I am getting ready to maybe consider buying a new boat this off season. I have an older pro v 1900 currently. I know the Alaskan doesn't have the beam or frills the pro v's have but am curious as to how they handle erie? Would love to hear any pros/cons, like/dislikes from current owners. I like to do a little of everything fishing wise. Also, anyone know if I could put a kicker on the Alaskan? I would think so...

Sent from my moto g(7) play using Tapatalk


----------



## bountyhunter (Apr 28, 2004)

some where read lunds after year 2000 were not built like the older one,s .lot of leakage.


----------



## Fishballz (Aug 15, 2015)

2000 is the model (20 footer) not year. Have you ever run an Alaskan or a Lund bounthunter???

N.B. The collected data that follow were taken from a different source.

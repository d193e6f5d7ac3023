ghost use Rattle.std.specs.Prelude.{◌≡◌, ◌≤◌, ◌<◌, ◌+◌, length, take, drop, IfOk, OnOk, IsErrOf};
ghost use Rattle.ots_base.specs.Cause.{HasCause, HasCauseWhere};
ghost use Rattle.ots_outside.specs.Input.{ReadsAll};
ghost use Rattle.ots_outside.specs.Streams.{Reads};
ghost use Rattle.ots_outside.specs.declared.reading.ReadAllError.TheVariants.{OutOfMemory, ReadFault};

use crate::{Failed, Source};
use std::alloc::{AllocError, Global};

/// The room of the first read. After that the room doubles.
const FIRST_ROOM: usize = 65_536;

/// Why a whole input was not read.
#[derive(Clone, Copy, Debug, PartialEq, Eq)]
pub enum ReadAllError {
    /// A read failed, and the source has counted the fault.
    ReadFault,
    /// More than the limit came. The source has given one byte more than the limit.
    TooBig,
    /// Memory ran out.
    OutOfMemory,
}

impl From<AllocError> for ReadAllError {
    ghost from_gives = { λ _ e. e ≡ OutOfMemory };

    fn from(_: AllocError) -> Self {
        ReadAllError::OutOfMemory
    }
}

impl From<Failed> for ReadAllError {
    ghost from_gives = { λ _ e. e ≡ ReadFault };

    fn from(_: Failed) -> Self {
        ReadAllError::ReadFault
    }
}

/// The whole input of a source, where that has at most `limit` bytes.
///
/// It reads to the end of input or to the first byte past the limit, so at most `limit + 1` bytes,
/// straight into the vector that it answers. `TooBig` is answered exactly where that byte came,
/// and `ReadFault` only where the count of faults rose.
pub fn read_all<S: Source>(
    alloc: Global,
    source: &mut S,
    limit: u64,
) -> Result<Vec<u8>, ReadAllError>
    ensures input { ReadsAll limit (S.left source.old) (S.left source.new) result }
    ensures cause { HasCauseWhere (IsErrOf result ReadAllError.ReadFault) (S.faults source.old) (S.faults source.new) }
    ensures same { S.same source.old source.new }
{
    let mut bytes = Vec::new(alloc);
    let mut filled = 0;
    while filled as u64 <= limit {
        make_room(&mut bytes, filled, limit)?;
        let count = read_after(source, &mut bytes, filled)?;
        if count == 0 {
            bytes.truncate(filled);
            return Ok(bytes);
        }
        filled += count;
    }
    Err(ReadAllError::TooBig)
}

/// Leaves room after the first `filled` bytes, and none past the limit and one byte more. The room
/// grows by doubling, so that each byte is moved a few times at most.
fn make_room(bytes: &mut Vec<u8>, filled: usize, limit: u64) -> Result<(), AllocError>
    requires in_range { filled ≤ length bytes.old.items }
    requires within { filled ≤ limit }
    requires fits { length bytes.old.items ≤ limit + 1 }
    ensures room { OnOk result (filled < length bytes.new.items) }
    ensures fits { length bytes.new.items ≤ limit + 1 }
    ensures prefix { take filled bytes.new.items ≡ take filled bytes.old.items }
{
    if filled == bytes.len() {
        let more = (limit - filled as u64).min(filled.max(FIRST_ROOM) as u64) as usize;
        bytes.resize(filled + more + 1, 0)?;
    }
    Ok(())
}

/// Reads into the bytes after the first `filled`.
fn read_after<S: Source>(source: &mut S, bytes: &mut [u8], filled: usize) -> Result<usize, Failed>
    requires { filled < length bytes.old }
    ensures bound { IfOk result (λ count. filled + count ≤ length bytes.new) }
    ensures prefix { take filled bytes.new ≡ take filled bytes.old }
    ensures room { 0 < length (drop filled bytes.new) }
    ensures bytes { Reads (S.left source.old) (S.left source.new) result (drop filled bytes.new) }
    ensures cause { HasCause (S.faults source.old) (S.faults source.new) result }
    ensures same { S.same source.old source.new }
{
    source.read(&mut bytes[filled..])
}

Sent from my moto g(7) play using Tapatalk


----------



## kdn (Apr 27, 2015)

I had a Lund Alaskan SSV 1600 1986 vintage. It was a great boat and often used it to fish on Lake Erie. Sold it a few years back for lack of use. The only issue I had was that it was too small (16') for waves over 1.5-2.0'. A little while after this was built Lund started making their boats much wider. I currently have a Grady White 24 OffShore. I feel very comfortable in my GW under most any boating conditions. I have been out at times when I wouldn't even consider taking the 16' Alaskan out. Might not be what you wanted to read but there are not a lot of Alaskans around. I see other styles of Lunds quite often on LE they are often in the 20' range. Personally I feel more comfortable with a buddy and high gunwales.


----------



## Fishballz (Aug 15, 2015)

I appreciate the input. I definitely agree with you about the high sides. It's just that I do allot of casting for musky too and can't really do that with a deep v boat easily. I'd rather just pick my days on erie or fish with one of my buddies that have bigger boats. Still want to feel safe in it though as we all know how mother erie acts sometimes

Sent from my moto g(7) play using Tapatalk


----------



## bountyhunter (Apr 28, 2004)

two lunds a 1999 lund baron 21ft on erie was a good boat. I have my 1993 lund pro v 1775 bought new, its the best boat I,ve ever had erie on good days all the inland lakes and its been towed to arizona 7 times. 115merc T8 kicker.boat an trailer org .few new sets of tires.I love lunds .


----------



## TheStinger (Dec 10, 2012)

I have a 1996 20' Lund Alaskan that I have used on Erie for 9 years. It has a 115 Merc and 4 Merc. I pick my days wisely but have found myself in 4-5 footers on many occasions. I just take it easy if it's rough out. Have never taken a wave over the boat. It rides high in the water and sips the gasoline. 
Aaron


----------



## Fishballz (Aug 15, 2015)

Thanks for the reply, I bit the bullet and bought a new 1975 pro v

Sent from my moto g(7) play using Tapatalk


----------



## Popspastime (Apr 1, 2014)

Fishballz said:


> Thanks for the reply, I bit the bullet and bought a new 1975 pro v
> 
> Sent from my moto g(7) play using Tapatalk


Wow nice..You jumped right in,, you'll love it.


----------